> What you will do: Set down, please, without alteration, the lines of the entries below from the first through the one containing "pub fn reduce(work: &mut".

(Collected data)
------------

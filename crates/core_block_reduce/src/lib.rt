#![tactic(auto)]

ghost use Rattle.core_block_reduce.specs.Core.{BlocksReduced, CanReduce};

use core_reduce::Counts;

// Internal: reduces the m edges between n nodes to the cycles of the blocks that the k different active nodes need.
pub fn reduce(work: &mut [u32], n: usize, m: usize, k: usize) -> Counts
    requires { CanReduce n m k work.old }
    ensures { BlocksReduced n m k work.old work.new result.nodes result.edges }
{
    core_reduce::clear_nodes(work, n);
    core_forest::link_edges(work, n, m);
    let seen = core_forest::spanning_forest(work, n, m, k);
    core_blocks::merge_blocks(work, n, m, seen);
    core_cycles::count_nodes(work, n, m, k, seen);
    let nodes = core_cycles::number_nodes(work, n, m, k, seen);
    let edges = core_cycles::write_cycles(work, n, m, k, seen, nodes);
    core_cycles::map_actives(work, n, k);
    Counts { nodes, edges }
}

------------

> Result:
filename crates/core_block_reduce/src/lib.rt
#![tactic(auto)]

ghost use Rattle.core_block_reduce.specs.Core.{BlocksReduced, CanReduce};

use core_reduce::Counts;

// Internal: reduces the m edges between n nodes to the cycles of the blocks that the k different active nodes need.
pub fn reduce(work: &mut [u32], n: usize, m: usize, k: usize) -> Counts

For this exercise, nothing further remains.